BAD news

Zalmay Khalilzad is about to quit as Ambassador to Iraq.

Zalmay Khalilzad is about to quit.

I can think of four possible causes, none of them encouraging:

1. Khalilzad has given up on Iraq as a lost cause.

2. BushCo has decided to get rid of him in order to implement a change in policy (e.g., backing a coup that would produce an unparliamentary, strongman-led “government of national salvation” or, alternatively, backing partition).

3. BushCo has decided on a change of policy (a coup or partition) that Khalilzad wanted no part of.

4. Prime Minister al-Maliki is tired of Khalilzad’s demands that the Iraqi Security Forces be purged of, and ordered to fight, the partisan/communal militias, and either told Khalilzad he was no longer welcome or sent word to Washington that he wanted a new ambassador.

Only one thing is certain: If Khalilzad still thought his strategy had a chance of success, he wouldn’t be talking about leaving.

Author: Mark Kleiman

Professor of Public Policy at the NYU Marron Institute for Urban Management and editor of the Journal of Drug Policy Analysis. Teaches about the methods of policy analysis about drug abuse control and crime control policy, working out the implications of two principles: that swift and certain sanctions don't have to be severe to be effective, and that well-designed threats usually don't have to be carried out. Books: Drugs and Drug Policy: What Everyone Needs to Know (with Jonathan Caulkins and Angela Hawken) When Brute Force Fails: How to Have Less Crime and Less Punishment (Princeton, 2009; named one of the "books of the year" by The Economist Against Excess: Drug Policy for Results (Basic, 1993) Marijuana: Costs of Abuse, Costs of Control (Greenwood, 1989) UCLA Homepage Curriculum Vitae Contact:

9 thoughts on “BAD news”

  1. It is probably too late for a coup in Iraq. Any coup that the American organized would most likely be aimed at putting a Sunni strong man into the top job. The Shiites would never accept that and the Shiite militias are now so firmly embedded in the iraqi army and police that the Sunni strongman would have no local support. The Shiite militias and non-militia Shiites in the army and police would also have a very good reason to fight. The Shiites remember very clearly how they were encouraged to rise against Saddam Hussein after Gulf War I and then the Americans allowed Saddam to put the rising down brutally.
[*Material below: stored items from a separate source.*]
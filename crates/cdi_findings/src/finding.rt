//! One thing that is wrong with a deployment, as a line of JSON.
ghost use Rattle.std.specs.Prelude.{◌≡◌, map, string_bytes, IfOk};
ghost use Rattle.serde_json.specs.Data.{string};
ghost use Rattle.serde_json.specs.View.{view};
ghost use Rattle.cdi_findings.specs.Finding as spec;

use cdi_positions::Position;
use serde_json::{Map, Value as Json, put};
use std::alloc::{AllocError, Global};

/// What is wrong.
#[derive(Clone, Copy)]
pub(crate) enum FindingKind {
    /// The deployment can't be read, or a script of it can't.
    Fault,
    /// It is read, and not accepted (Jakarta CDI 4.0, *Problems detected automatically by the container*).
    Problem,
    /// Something in it is passed over, whether it is accepted or not.
    Warning,
}

/// One thing that is wrong with a deployment.
#[derive(Clone, Copy)]
pub(crate) struct Finding<'a> {
    pub kind: FindingKind,
    /// The line of the fault, or a problem's number and name, or the warning's word.
    pub name: &'a str,
    /// Where it is, as the lines on standard output tell it.
    pub place: &'a str,
    /// Where it is in the text of the deployment, if that is known.
    pub position: Option<Position>,
    /// What is wrong, in words.
    pub message: &'a str,
    /// The beans among which the deployment doesn't decide, as they are printed.
    pub candidates: &'a [String],
}

impl FindingKind {
    fn text(self) -> &'static str
        ensures { result.now ≡ spec.kind_text self }
    {
        match self {
            FindingKind::Fault => "fault",
            FindingKind::Problem => "problem",
            FindingKind::Warning => "warning",
        }
    }
}

fn text_json(alloc: Global, text: &str) -> Result<Json, AllocError>
    ensures { IfOk result (λ json. view json ≡ string text.now) }
{
    Ok(Json::String(String::from_str(alloc, text)?))
}

fn texts_json(alloc: Global, texts: &[String]) -> Result<Json, AllocError>
    ensures { IfOk result (λ json. view json ≡ spec.texts_data (map string_bytes texts.now)) }
{
    let mut items = Vec::new(alloc);
    for text in texts {
        items.push(text_json(alloc, text)?)?;
    }
    Ok(Json::Array(items))
}

fn line_json(position: Option<Position>) -> Json
    ensures { view result ≡ spec.line_data position }
{
    match position {
        Some(position) => Json::from(position.line),
        None => Json::Null,
    }
}

fn column_json(position: Option<Position>) -> Json
    ensures { view result ≡ spec.column_data position }
{
    match position {
        Some(position) => Json::from(position.column),
        None => Json::Null,
    }
}

/// A finding as a JSON object.
fn finding_json(alloc: Global, finding: &Finding<'_>) -> Result<Json, AllocError>
    ensures { IfOk result (λ json. view json ≡ spec.finding_data (spec.told_by finding.now)) }
{
    let mut members = Map::new(alloc);
    put(
        &mut members,
        alloc,
        "kind",
        text_json(alloc, finding.kind.text())?,
    )?;
    put(&mut members, alloc, "name", text_json(alloc, finding.name)?)?;
    put(
        &mut members,
        alloc,
        "place",
        text_json(alloc, finding.place)?,
    )?;
    put(&mut members, alloc, "line", line_json(finding.position))?;
    put(&mut members, alloc, "column", column_json(finding.position))?;
    put(
        &mut members,
        alloc,
        "message",
        text_json(alloc, finding.message)?,
    )?;
    put(
        &mut members,
        alloc,
        "candidates",
        texts_json(alloc, finding.candidates)?,
    )?;
    Ok(Json::Object(members))
}

/// The line of a finding: a JSON object in compact form, with a line feed. Its members are `kind` (`fault`, `problem`
/// or `warning`), `name`, `place`, `line` and `column` (from 1, or null if they aren't known), `message` and `candidates`.
pub(crate) fn finding_line(alloc: Global, finding: &Finding<'_>) -> Result<String, AllocError>
    ensures { IfOk result (λ line. string_bytes line ≡ spec.finding_line (spec.told_by finding.now)) }
{
    let mut line = finding_json(alloc, finding)?.to_string(alloc)?;
    line.push_str("\n")?;
    Ok(line)
}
There was never any chance that a Shiite government would take on the various Shiite militias as they are the Shiites insurance policy.The intensity of the insurgency would jump several notches.

  2. I'm puzzled. Why wouldn't Khalilzad be part of a coup against al-Maliki? I would think that Khalilzad would be all too happy if he could get rid of the current prime minister? Isn't the goal of a coup not the same of the thing that Khalilzad wants namely less power for the Shia and more for the Sunni's?
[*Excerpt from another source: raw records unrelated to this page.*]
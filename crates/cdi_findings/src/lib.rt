//! What is wrong with a deployment, and what is warned of, as lines of JSON; where problems stand in its text; and what the words mean
//! that the program writes: faults, warnings, problems, refusals, causes of a cut, built-in exceptions, replies and the entries of a
//! trace.
#![tactic(auto)]

pub mod explaining;
pub mod explanation;
pub mod faults;
mod finding;
pub mod findings;
pub mod hint_tables;
pub mod laws;
pub mod locating;
pub mod table;

pub use explaining::{explain, unknown_text};
pub use explanation::{Explanation, Subject};
pub use faults::{fault_name, unhinted_text};
pub use findings::{Findings, findings_in, has_problem};
pub use hint_tables::HintTables;
pub use locating::position_of_problem;
pub use table::explanations;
  3. Khalilzad wants to go in a new direction. But that doesn't mean he's cutting and running, mind you. Nor is he staying the course. This has never been about staying the course. It's a tactical adjustment in the strategic plan. It's what the generals on the ground recommended. Forward to victory!

  4. There is simply nothing there that he might conceivably accomplish. If he's as competent as people say, then . . . #1.

  5. Also, this is not "bad news." It is not a good thing for competent diplomats to be put to work implementing shitty policy.

  6. I see your quoted in the WashPost:
    Khalizad to Resign
    Anne Gearan writes for the Associated Press: "Zalmay Khalilzad, the plainspoken dealmaker and Republican insider who has won praise and criticism for attempts to broker Sunni political participation in Iraq's fragile government, is likely to quit his post as U.S. ambassador in Baghdad in the coming months, a senior Bush administration official said Monday."
    Blogger Mark Kleiman writes: "I can think of four possible causes, none of them encouraging."

  7. "…yeah, uhh…see you, Zalmay, don't take any wooden nickels, ha ha – Oh, good morning, Ambassador Chalabi; did you have a pleasant flight?"